[DATA SUPPLIED Boundary: Start]

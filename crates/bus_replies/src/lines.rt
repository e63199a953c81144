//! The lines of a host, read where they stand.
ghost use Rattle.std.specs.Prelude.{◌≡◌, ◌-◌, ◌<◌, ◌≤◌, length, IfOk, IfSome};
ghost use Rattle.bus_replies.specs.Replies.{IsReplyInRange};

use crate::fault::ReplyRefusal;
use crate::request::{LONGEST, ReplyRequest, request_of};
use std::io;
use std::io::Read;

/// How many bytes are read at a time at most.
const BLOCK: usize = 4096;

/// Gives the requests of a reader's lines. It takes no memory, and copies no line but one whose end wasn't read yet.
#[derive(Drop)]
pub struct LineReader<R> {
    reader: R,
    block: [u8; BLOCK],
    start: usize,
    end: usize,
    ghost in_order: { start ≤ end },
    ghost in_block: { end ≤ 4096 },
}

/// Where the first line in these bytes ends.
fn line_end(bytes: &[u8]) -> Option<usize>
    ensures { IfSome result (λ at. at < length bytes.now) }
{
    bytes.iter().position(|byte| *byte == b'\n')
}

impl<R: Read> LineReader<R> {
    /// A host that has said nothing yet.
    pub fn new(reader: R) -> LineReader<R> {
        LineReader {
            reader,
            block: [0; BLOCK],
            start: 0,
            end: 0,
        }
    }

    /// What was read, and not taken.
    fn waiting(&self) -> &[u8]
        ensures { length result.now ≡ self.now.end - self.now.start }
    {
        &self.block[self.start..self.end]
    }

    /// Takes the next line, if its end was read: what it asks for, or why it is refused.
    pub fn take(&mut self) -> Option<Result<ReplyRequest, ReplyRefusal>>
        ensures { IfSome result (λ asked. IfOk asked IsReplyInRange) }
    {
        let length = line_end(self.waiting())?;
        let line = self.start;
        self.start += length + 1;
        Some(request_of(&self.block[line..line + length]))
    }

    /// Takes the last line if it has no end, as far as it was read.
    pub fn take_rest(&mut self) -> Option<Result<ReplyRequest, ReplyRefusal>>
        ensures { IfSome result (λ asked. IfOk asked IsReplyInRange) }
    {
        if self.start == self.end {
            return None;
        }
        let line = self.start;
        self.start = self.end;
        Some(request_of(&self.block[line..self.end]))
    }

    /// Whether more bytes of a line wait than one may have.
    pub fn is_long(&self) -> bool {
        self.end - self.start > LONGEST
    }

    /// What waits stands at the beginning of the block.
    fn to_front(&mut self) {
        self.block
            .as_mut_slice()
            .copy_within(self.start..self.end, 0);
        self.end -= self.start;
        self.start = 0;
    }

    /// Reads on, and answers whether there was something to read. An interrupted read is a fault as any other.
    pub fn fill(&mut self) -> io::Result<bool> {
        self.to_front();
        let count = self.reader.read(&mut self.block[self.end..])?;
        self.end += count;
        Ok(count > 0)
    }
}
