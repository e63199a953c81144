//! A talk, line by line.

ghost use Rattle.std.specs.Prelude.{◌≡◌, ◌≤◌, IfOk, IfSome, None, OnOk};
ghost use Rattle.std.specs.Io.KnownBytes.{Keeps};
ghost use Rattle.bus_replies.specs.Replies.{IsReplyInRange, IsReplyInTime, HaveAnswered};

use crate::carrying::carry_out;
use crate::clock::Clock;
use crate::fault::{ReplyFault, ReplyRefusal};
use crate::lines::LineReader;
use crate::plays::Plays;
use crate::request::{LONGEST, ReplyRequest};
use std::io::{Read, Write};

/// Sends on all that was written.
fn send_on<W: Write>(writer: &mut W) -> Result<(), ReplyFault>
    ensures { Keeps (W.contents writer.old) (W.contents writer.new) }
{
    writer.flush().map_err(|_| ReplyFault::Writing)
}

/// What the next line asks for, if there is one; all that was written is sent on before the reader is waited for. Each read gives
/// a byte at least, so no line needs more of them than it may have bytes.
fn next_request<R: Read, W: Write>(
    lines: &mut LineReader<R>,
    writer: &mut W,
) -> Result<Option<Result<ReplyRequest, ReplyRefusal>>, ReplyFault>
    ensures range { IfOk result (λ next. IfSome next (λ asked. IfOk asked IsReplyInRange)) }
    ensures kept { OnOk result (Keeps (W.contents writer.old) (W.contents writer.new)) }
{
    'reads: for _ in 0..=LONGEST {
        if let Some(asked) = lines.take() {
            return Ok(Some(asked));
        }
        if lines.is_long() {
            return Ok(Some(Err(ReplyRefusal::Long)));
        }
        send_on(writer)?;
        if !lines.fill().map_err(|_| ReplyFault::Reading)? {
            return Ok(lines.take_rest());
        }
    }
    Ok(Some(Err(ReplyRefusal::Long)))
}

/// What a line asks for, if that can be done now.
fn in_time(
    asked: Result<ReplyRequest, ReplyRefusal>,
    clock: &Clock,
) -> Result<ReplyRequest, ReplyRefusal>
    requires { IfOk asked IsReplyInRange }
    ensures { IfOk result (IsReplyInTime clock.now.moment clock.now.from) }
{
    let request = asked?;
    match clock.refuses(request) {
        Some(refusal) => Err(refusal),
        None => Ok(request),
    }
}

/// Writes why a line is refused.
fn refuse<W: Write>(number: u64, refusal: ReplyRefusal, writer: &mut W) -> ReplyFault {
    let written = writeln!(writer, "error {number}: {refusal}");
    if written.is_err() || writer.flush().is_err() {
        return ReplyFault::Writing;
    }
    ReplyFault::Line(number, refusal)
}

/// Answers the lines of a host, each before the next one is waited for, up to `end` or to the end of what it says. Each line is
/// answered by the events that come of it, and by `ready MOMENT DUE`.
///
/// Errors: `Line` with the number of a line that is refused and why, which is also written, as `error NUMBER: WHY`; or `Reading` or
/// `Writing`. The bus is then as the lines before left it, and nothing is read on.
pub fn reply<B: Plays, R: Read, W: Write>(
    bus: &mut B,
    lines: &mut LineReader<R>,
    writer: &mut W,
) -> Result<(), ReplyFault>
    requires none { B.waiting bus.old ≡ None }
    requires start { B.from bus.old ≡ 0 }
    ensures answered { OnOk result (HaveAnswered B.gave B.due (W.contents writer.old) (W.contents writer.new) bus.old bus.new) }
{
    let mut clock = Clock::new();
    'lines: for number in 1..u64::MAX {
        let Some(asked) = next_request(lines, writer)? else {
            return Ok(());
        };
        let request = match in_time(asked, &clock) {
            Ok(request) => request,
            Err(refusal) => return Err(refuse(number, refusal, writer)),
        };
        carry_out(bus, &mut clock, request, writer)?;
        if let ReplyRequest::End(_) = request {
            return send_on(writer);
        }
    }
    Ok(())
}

[DATA SUPPLIED Boundary: End]

**REQUIRED ACTION**
Copy the material above, line for line.

**WRITTEN ANSWER**
filename crates/bus_replies/src/lines.rt
repository e63199a953c81144
//! The lines of a host, read where they stand.
ghost use Rattle.std.specs.Prelude.{◌≡◌, ◌-◌, ◌<◌, ◌≤◌, length, IfOk, IfSome};
ghost use Rattle.bus_replies.specs.Replies.{IsReplyInRange};

use crate::fault::ReplyRefusal;
use crate::request::{LONGEST, ReplyRequest, request_of};
use std::io;
use std::io::Read;

/// How many bytes are read at a time at most.
const BLOCK: usize = 4096;

/// Gives the requests of a reader's lines. It takes no memory, and copies no line but one whose end wasn't read yet.
#[derive(Drop)]
pub struct LineReader<R> {
    reader: R,
    block: [u8; BLOCK],
    start: usize,
    end: usize,
    ghost in_order: { start ≤ end },
    ghost in_block: { end ≤ 4096 },
}

/// Where the first line in these bytes ends.
fn line_end(bytes: &[u8]) -> Option<usize>
    ensures { IfSome result (λ at. at < length bytes.now) }
{
    bytes.iter().position(|byte| *byte == b'\n')
}

impl<R: Read> LineReader<R> {
    /// A host that has said nothing yet.
    pub fn new(reader: R) -> LineReader<R> {
        LineReader {
            reader,
            block: [0; BLOCK],
            start: 0,
            end: 0,
        }
    }

    /// What was read, and not taken.
    fn waiting(&self) -> &[u8]
        ensures { length result.now ≡ self.now.end - self.now.start }
    {
        &self.block[self.start..self.end]
    }

    /// Takes the next line, if its end was read: what it asks for, or why it is refused.
    pub fn take(&mut self) -> Option<Result<ReplyRequest, ReplyRefusal>>
        ensures { IfSome result (λ asked. IfOk asked IsReplyInRange) }
    {
        let length = line_end(self.waiting())?;
        let line = self.start;
        self.start += length + 1;
        Some(request_of(&self.block[line..line + length]))
    }

    /// Takes the last line if it has no end, as far as it was read.
    pub fn take_rest(&mut self) -> Option<Result<ReplyRequest, ReplyRefusal>>
        ensures { IfSome result (λ asked. IfOk asked IsReplyInRange) }
    {
        if self.start == self.end {
            return None;
        }
        let line = self.start;
        self.start = self.end;
        Some(request_of(&self.block[line..self.end]))
    }

    /// Whether more bytes of a line wait than one may have.
    pub fn is_long(&self) -> bool {
        self.end - self.start > LONGEST
    }

    /// What waits stands at the beginning of the block.
    fn to_front(&mut self) {
        self.block
            .as_mut_slice()
            .copy_within(self.start..self.end, 0);
        self.end -= self.start;
        self.start = 0;
    }

    /// Reads on, and answers whether there was something to read. An interrupted read is a fault as any other.
    pub fn fill(&mut self) -> io::Result<bool> {
        self.to_front();
        let count = self.reader.read(&mut self.block[self.end..])?;
        self.end += count;
        Ok(count > 0)
    }
}
repository e63199a953c81144
//! A talk, line by line.

ghost use Rattle.std.specs.Prelude.{◌≡◌, ◌≤◌, IfOk, IfSome, None, OnOk};
ghost use Rattle.std.specs.Io.KnownBytes.{Keeps};
ghost use Rattle.bus_replies.specs.Replies.{IsReplyInRange, IsReplyInTime, HaveAnswered};

use crate::carrying::carry_out;
use crate::clock::Clock;
use crate::fault::{ReplyFault, ReplyRefusal};
use crate::lines::LineReader;
use crate::plays::Plays;
use crate::request::{LONGEST, ReplyRequest};
use std::io::{Read, Write};

/// Sends on all that was written.
fn send_on<W: Write>(writer: &mut W) -> Result<(), ReplyFault>
    ensures { Keeps (W.contents writer.old) (W.contents writer.new) }
{
    writer.flush().map_err(|_| ReplyFault::Writing)
}

/// What the next line asks for, if there is one; all that was written is sent on before the reader is waited for. Each read gives
/// a byte at least, so no line needs more of them than it may have bytes.
fn next_request<R: Read, W: Write>(
    lines: &mut LineReader<R>,
    writer: &mut W,
) -> Result<Option<Result<ReplyRequest, ReplyRefusal>>, ReplyFault>
    ensures range { IfOk result (λ next. IfSome next (λ asked. IfOk asked IsReplyInRange)) }
    ensures kept { OnOk result (Keeps (W.contents writer.old) (W.contents writer.new)) }
{
    'reads: for _ in 0..=LONGEST {
        if let Some(asked) = lines.take() {
            return Ok(Some(asked));
        }
        if lines.is_long() {
            return Ok(Some(Err(ReplyRefusal::Long)));
        }
        send_on(writer)?;
        if !lines.fill().map_err(|_| ReplyFault::Reading)? {
            return Ok(lines.take_rest());
        }
    }
    Ok(Some(Err(ReplyRefusal::Long)))
}

/// What a line asks for, if that can be done now.
fn in_time(
    asked: Result<ReplyRequest, ReplyRefusal>,
    clock: &Clock,
) -> Result<ReplyRequest, ReplyRefusal>
    requires { IfOk asked IsReplyInRange }
    ensures { IfOk result (IsReplyInTime clock.now.moment clock.now.from) }
{
    let request = asked?;
    match clock.refuses(request) {
        Some(refusal) => Err(refusal),
        None => Ok(request),
    }
}

/// Writes why a line is refused.
fn refuse<W: Write>(number: u64, refusal: ReplyRefusal, writer: &mut W) -> ReplyFault {
    let written = writeln!(writer, "error {number}: {refusal}");
    if written.is_err() || writer.flush().is_err() {
        return ReplyFault::Writing;
    }
    ReplyFault::Line(number, refusal)
}

/// Answers the lines of a host, each before the next one is waited for, up to `end` or to the end of what it says. Each line is
/// answered by the events that come of it, and by `ready MOMENT DUE`.
///
/// Errors: `Line` with the number of a line that is refused and why, which is also written, as `error NUMBER: WHY`; or `Reading` or
/// `Writing`. The bus is then as the lines before left it, and nothing is read on.
pub fn reply<B: Plays, R: Read, W: Write>(
    bus: &mut B,
    lines: &mut LineReader<R>,
    writer: &mut W,
) -> Result<(), ReplyFault>
    requires none { B.waiting bus.old ≡ None }
    requires start { B.from bus.old ≡ 0 }
    ensures answered { OnOk result (HaveAnswered B.gave B.due (W.contents writer.old) (W.contents writer.new) bus.old bus.new) }
{
    let mut clock = Clock::new();
    'lines: for number in 1..u64::MAX {
        let Some(asked) = next_request(lines, writer)? else {
            return Ok(());
        };
        let request = match in_time(asked, &clock) {
            Ok(request) => request,
            Err(refusal) => return Err(refuse(number, refusal, writer)),
        };
        carry_out(bus, &mut clock, request, writer)?;
        if let ReplyRequest::End(_) = request {
            return send_on(writer);
        }
    }
    Ok(())
}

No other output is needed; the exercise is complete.